→ EXERCISE DETAILS
In full and without edits, write out the data that follows.
....
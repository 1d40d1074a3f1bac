// Writing a request as a frame.
ghost use Rattle.std.specs.Prelude.{◌≡◌, ◌≤◌, ◌+◌, ◌*◌, ◌++◌, length, take, slice_index};
ghost use Rattle.af_limits.specs.Limits.{longest_frame, longest_play};
ghost use Rattle.af_request.specs.Asked.{request_meaning, play_run, record_run};
ghost use Rattle.af_request.specs.Fields.{words_for};
ghost use Rattle.af_wire.specs.Order.{i16_bytes, u32_bytes};
ghost use Rattle.af_request.specs.Requests.{asked_in, front, request_bytes, FitsFrame, IsOneRequest};

use crate::put::{put, put_zeros};
use crate::{Request, opcode};
use af_wire::Order;

/// Writes a request as a frame in an order, its padding as zeros, and answers how many bytes that are. A Play has at most 16368
/// bytes of samples.
#[tactic(auto, using(crate::proofs::RequestRoundTrips::spelled_again, crate::proofs::RequestRoundTrips::spelled_one))]
pub fn write_request(order: Order, request: &Request<'_>, out: &mut [u8]) -> usize
    requires samples { FitsFrame (request_meaning request.now) }
    requires room { longest_frame ≤ length out.old }
    ensures size { result ≡ length (request_bytes order (request_meaning request.now)) }
    ensures most { result ≤ longest_frame }
    ensures bytes { take result out.new ≡ request_bytes order (request_meaning request.now) }
    ensures one { IsOneRequest order (request_meaning request.now) (take result out.new) }
    ensures again { asked_in order (take result out.new) ≡ Some (request_meaning request.now) }
{
    match request {
        Request::NoOp => put_front(order, out, opcode::NO_OP, 0, 1),
        Request::GetTime { device } => put_front(order, out, opcode::GET_TIME, *device, 1),
        Request::CreateAc {
            device,
            ac,
            ty,
            channels,
            preempt,
            play_gain,
            record_gain,
        } => {
            let at = put_front_and_word(order, out, [opcode::CREATE_AC, *device], 4, *ac);
            put_gains(
                order,
                out,
                at,
                [*ty, *channels, *preempt, 0],
                *play_gain,
                *record_gain,
            )
        }
        Request::ChangeAc {
            mask,
            ac,
            preempt,
            play_gain,
            record_gain,
        } => {
            let at = put_front_and_word(order, out, [opcode::CHANGE_AC, *mask], 4, *ac);
            put_gains(
                order,
                out,
                at,
                [*preempt, 0, 0, 0],
                *play_gain,
                *record_gain,
            )
        }
        Request::FreeAc { ac } => put_front_and_word(order, out, [opcode::FREE_AC, 0], 2, *ac),
        Request::PlayRun {
            quiet,
            ac,
            time,
            samples,
        } => put_play(order, out, *quiet, *ac, time.0, samples),
        Request::RecordRun {
            blocking,
            ac,
            time,
            nbytes,
        } => put_record(order, out, *blocking, *ac, time.0, *nbytes),
        Request::SelectEvents { device, mask } => put_front_and_word(
            order,
            out,
            [opcode::SELECT_EVENTS, *device],
            2,
            *mask,
        ),
        Request::SetControls {
            device,
            mask,
            input_on,
            output_on,
            input_gain,
            output_gain,
        } => {
            let at = put_front(order, out, opcode::SET_CONTROLS, *device, 3);
            put_gains(
                order,
                out,
                at,
                [*mask, *input_on, *output_on, 0],
                *input_gain,
                *output_gain,
            )
        }
        Request::QueryControls { device } => put_front(
            order,
            out,
            opcode::QUERY_CONTROLS,
            *device,
            1,
        ),
        Request::HookSwitch { device, off } => put_front_and_word(
            order,
            out,
            [opcode::HOOK_SWITCH, *device],
            2,
            *off,
        ),
        Request::QueryPhone { device } => put_front(order, out, opcode::QUERY_PHONE, *device, 1),
    }
}

// The first word of a request.
fn put_front(order: Order, out: &mut [u8], opcode: u8, detail: u8, words: u16) -> usize
    requires { 4 ≤ length out.old }
    ensures end { result ≡ 4 }
    ensures bytes { take result out.new ≡ front order opcode detail words }
{
    let [w0, w1] = order.u16_bytes(words);
    put(out, 0, &[opcode, detail, w0, w1])
}

// The first word of a request, and a number after it.
fn put_front_and_word(order: Order, out: &mut [u8], kind: [u8; 2], words: u16, word: u32) -> usize
    requires { 8 ≤ length out.old }
    ensures end { result ≡ 8 }
    ensures bytes { take result out.new ≡ front order (slice_index kind 0) (slice_index kind 1) words ++ u32_bytes order word }
{
    let [opcode, detail] = kind;
    let at = put_front(order, out, opcode, detail, words);
    put(out, at, &order.u32_bytes(word))
}

// Four bytes and two gains.
fn put_gains(
    order: Order,
    out: &mut [u8],
    at: usize,
    bytes: [u8; 4],
    first: i16,
    second: i16,
) -> usize
    requires { at + 8 ≤ length out.old }
    ensures end { result ≡ at + 8 }
    ensures bytes { take result out.new ≡ take at out.old ++ bytes ++ i16_bytes order first ++ i16_bytes order second }
{
    let at = put(out, at, &bytes);
    let at = put(out, at, &order.i16_bytes(first));
    put(out, at, &order.i16_bytes(second))
}

// What a play and a record have before any data: the context, the time and the count of bytes.
fn put_run(order: Order, out: &mut [u8], kind: [u8; 2], words: u16, run: [u32; 3]) -> usize
    requires { 16 ≤ length out.old }
    ensures end { result ≡ 16 }
    ensures bytes { take result out.new ≡ front order (slice_index kind 0) (slice_index kind 1) words
        ++ u32_bytes order (slice_index run 0) ++ u32_bytes order (slice_index run 1) ++ u32_bytes order (slice_index run 2) }
{
    let [ac, time, nbytes] = run;
    let at = put_front_and_word(order, out, kind, words, ac);
    let at = put(out, at, &order.u32_bytes(time));
    put(out, at, &order.u32_bytes(nbytes))
}

// A play, its samples padded with zeros to a word.
#[tactic(auto, using(crate::proofs::RequestRoundTrips::spelled_again, crate::proofs::RequestRoundTrips::spelled_one))]
fn put_play(order: Order, out: &mut [u8], quiet: bool, ac: u32, time: u32, samples: &[u8]) -> usize
    requires samples { length samples.now ≤ longest_play }
    requires room { longest_frame ≤ length out.old }
    ensures end { result ≡ 16 + 4 * words_for (length samples.now) }
    ensures bytes { take result out.new ≡ request_bytes order (play_run quiet ac time samples.now) }
    ensures one { IsOneRequest order (play_run quiet ac time samples.now) (take result out.new) }
    ensures again { asked_in order (take result out.new) ≡ Some (play_run quiet ac time samples.now) }
{
    let words = samples.len().div_ceil(4);
    let run = [ac, time, samples.len() as u32];
    let at = put_run(
        order,
        out,
        [opcode::PLAY, u8::from(quiet)],
        4 + words as u16,
        run,
    );
    let at = put(out, at, samples);
    put_zeros(out, at, 4 * words - samples.len())
}

#[tactic(auto, using(crate::proofs::RequestRoundTrips::spelled_again, crate::proofs::RequestRoundTrips::spelled_one))]
fn put_record(
    order: Order,
    out: &mut [u8],
    blocking: bool,
    ac: u32,
    time: u32,
    nbytes: u32,
) -> usize
    requires { 16 ≤ length out.old }
    ensures end { result ≡ 16 }
    ensures bytes { take result out.new ≡ request_bytes order (record_run blocking ac time nbytes) }
    ensures one { IsOneRequest order (record_run blocking ac time nbytes) (take result out.new) }
    ensures again { asked_in order (take result out.new) ≡ Some (record_run blocking ac time nbytes) }
{
    put_run(
        order,
        out,
        [opcode::RECORD, u8::from(blocking)],
        4,
        [ac, time, nbytes],
    )
}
....
→ SOLUTION TO THE EXERCISE
repository 1d40d1074a3f1bac
// Writing a request as a frame.
ghost use Rattle.std.specs.Prelude.{◌≡◌, ◌≤◌, ◌+◌, ◌*◌, ◌++◌, length, take, slice_index};
ghost use Rattle.af_limits.specs.Limits.{longest_frame, longest_play};
ghost use Rattle.af_request.specs.Asked.{request_meaning, play_run, record_run};
ghost use Rattle.af_request.specs.Fields.{words_for};
ghost use Rattle.af_wire.specs.Order.{i16_bytes, u32_bytes};
ghost use Rattle.af_request.specs.Requests.{asked_in, front, request_bytes, FitsFrame, IsOneRequest};

use crate::put::{put, put_zeros};
use crate::{Request, opcode};
use af_wire::Order;

/// Writes a request as a frame in an order, its padding as zeros, and answers how many bytes that are. A Play has at most 16368
/// bytes of samples.
#[tactic(auto, using(crate::proofs::RequestRoundTrips::spelled_again, crate::proofs::RequestRoundTrips::spelled_one))]
pub fn write_request(order: Order, request: &Request<'_>, out: &mut [u8]) -> usize
    requires samples { FitsFrame (request_meaning request.now) }
    requires room { longest_frame ≤ length out.old }
    ensures size { result ≡ length (request_bytes order (request_meaning request.now)) }
    ensures most { result ≤ longest_frame }
    ensures bytes { take result out.new ≡ request_bytes order (request_meaning request.now) }
    ensures one { IsOneRequest order (request_meaning request.now) (take result out.new) }
    ensures again { asked_in order (take result out.new) ≡ Some (request_meaning request.now) }
{
    match request {
        Request::NoOp => put_front(order, out, opcode::NO_OP, 0, 1),
        Request::GetTime { device } => put_front(order, out, opcode::GET_TIME, *device, 1),
        Request::CreateAc {
            device,
            ac,
            ty,
            channels,
            preempt,
            play_gain,
            record_gain,
        } => {
            let at = put_front_and_word(order, out, [opcode::CREATE_AC, *device], 4, *ac);
            put_gains(
                order,
                out,
                at,
                [*ty, *channels, *preempt, 0],
                *play_gain,
                *record_gain,
            )
        }
        Request::ChangeAc {
            mask,
            ac,
            preempt,
            play_gain,
            record_gain,
        } => {
            let at = put_front_and_word(order, out, [opcode::CHANGE_AC, *mask], 4, *ac);
            put_gains(
                order,
                out,
                at,
                [*preempt, 0, 0, 0],
                *play_gain,
                *record_gain,
            )
        }
        Request::FreeAc { ac } => put_front_and_word(order, out, [opcode::FREE_AC, 0], 2, *ac),
        Request::PlayRun {
            quiet,
            ac,
            time,
            samples,
        } => put_play(order, out, *quiet, *ac, time.0, samples),
        Request::RecordRun {
            blocking,
            ac,
            time,
            nbytes,
        } => put_record(order, out, *blocking, *ac, time.0, *nbytes),
        Request::SelectEvents { device, mask } => put_front_and_word(
            order,
            out,
            [opcode::SELECT_EVENTS, *device],
            2,
            *mask,
        ),
        Request::SetControls {
            device,
            mask,
            input_on,
            output_on,
            input_gain,
            output_gain,
        } => {
            let at = put_front(order, out, opcode::SET_CONTROLS, *device, 3);
            put_gains(
                order,
                out,
                at,
                [*mask, *input_on, *output_on, 0],
                *input_gain,
                *output_gain,
            )
        }
        Request::QueryControls { device } => put_front(
            order,
            out,
            opcode::QUERY_CONTROLS,
            *device,
            1,
        ),
        Request::HookSwitch { device, off } => put_front_and_word(
            order,
            out,
            [opcode::HOOK_SWITCH, *device],
            2,
            *off,
        ),
        Request::QueryPhone { device } => put_front(order, out, opcode::QUERY_PHONE, *device, 1),
    }
}

// The first word of a request.
fn put_front(order: Order, out: &mut [u8], opcode: u8, detail: u8, words: u16) -> usize
    requires { 4 ≤ length out.old }
    ensures end { result ≡ 4 }
    ensures bytes { take result out.new ≡ front order opcode detail words }
{
    let [w0, w1] = order.u16_bytes(words);
    put(out, 0, &[opcode, detail, w0, w1])
}

// The first word of a request, and a number after it.
fn put_front_and_word(order: Order, out: &mut [u8], kind: [u8; 2], words: u16, word: u32) -> usize
    requires { 8 ≤ length out.old }
    ensures end { result ≡ 8 }
    ensures bytes { take result out.new ≡ front order (slice_index kind 0) (slice_index kind 1) words ++ u32_bytes order word }
{
    let [opcode, detail] = kind;
    let at = put_front(order, out, opcode, detail, words);
    put(out, at, &order.u32_bytes(word))
}

// Four bytes and two gains.
fn put_gains(
    order: Order,
    out: &mut [u8],
    at: usize,
    bytes: [u8; 4],
    first: i16,
    second: i16,
) -> usize
    requires { at + 8 ≤ length out.old }
    ensures end { result ≡ at + 8 }
    ensures bytes { take result out.new ≡ take at out.old ++ bytes ++ i16_bytes order first ++ i16_bytes order second }
{
    let at = put(out, at, &bytes);
    let at = put(out, at, &order.i16_bytes(first));
    put(out, at, &order.i16_bytes(second))
}

// What a play and a record have before any data: the context, the time and the count of bytes.
fn put_run(order: Order, out: &mut [u8], kind: [u8; 2], words: u16, run: [u32; 3]) -> usize
    requires { 16 ≤ length out.old }
    ensures end { result ≡ 16 }
    ensures bytes { take result out.new ≡ front order (slice_index kind 0) (slice_index kind 1) words
        ++ u32_bytes order (slice_index run 0) ++ u32_bytes order (slice_index run 1) ++ u32_bytes order (slice_index run 2) }
{
    let [ac, time, nbytes] = run;
    let at = put_front_and_word(order, out, kind, words, ac);
    let at = put(out, at, &order.u32_bytes(time));
    put(out, at, &order.u32_bytes(nbytes))
}

// A play, its samples padded with zeros to a word.
#[tactic(auto, using(crate::proofs::RequestRoundTrips::spelled_again, crate::proofs::RequestRoundTrips::spelled_one))]
fn put_play(order: Order, out: &mut [u8], quiet: bool, ac: u32, time: u32, samples: &[u8]) -> usize
    requires samples { length samples.now ≤ longest_play }
    requires room { longest_frame ≤ length out.old }
    ensures end { result ≡ 16 + 4 * words_for (length samples.now) }
    ensures bytes { take result out.new ≡ request_bytes order (play_run quiet ac time samples.now) }
    ensures one { IsOneRequest order (play_run quiet ac time samples.now) (take result out.new) }
    ensures again { asked_in order (take result out.new) ≡ Some (play_run quiet ac time samples.now) }
{
    let words = samples.len().div_ceil(4);
    let run = [ac, time, samples.len() as u32];
    let at = put_run(
        order,
        out,
        [opcode::PLAY, u8::from(quiet)],
        4 + words as u16,
        run,
    );
    let at = put(out, at, samples);
    put_zeros(out, at, 4 * words - samples.len())
}

#[tactic(auto, using(crate::proofs::RequestRoundTrips::spelled_again, crate::proofs::RequestRoundTrips::spelled_one))]
fn put_record(
    order: Order,
    out: &mut [u8],
    blocking: bool,
    ac: u32,
    time: u32,
    nbytes: u32,
) -> usize
    requires { 16 ≤ length out.old }
    ensures end { result ≡ 16 }
    ensures bytes { take result out.new ≡ request_bytes order (record_run blocking ac time nbytes) }
    ensures one { IsOneRequest order (record_run blocking ac time nbytes) (take result out.new) }
    ensures again { asked_in order (take result out.new) ≡ Some (record_run blocking ac time nbytes) }
{
    put_run(
        order,
        out,
        [opcode::RECORD, u8::from(blocking)],
        4,
        [ac, time, nbytes],
    )
}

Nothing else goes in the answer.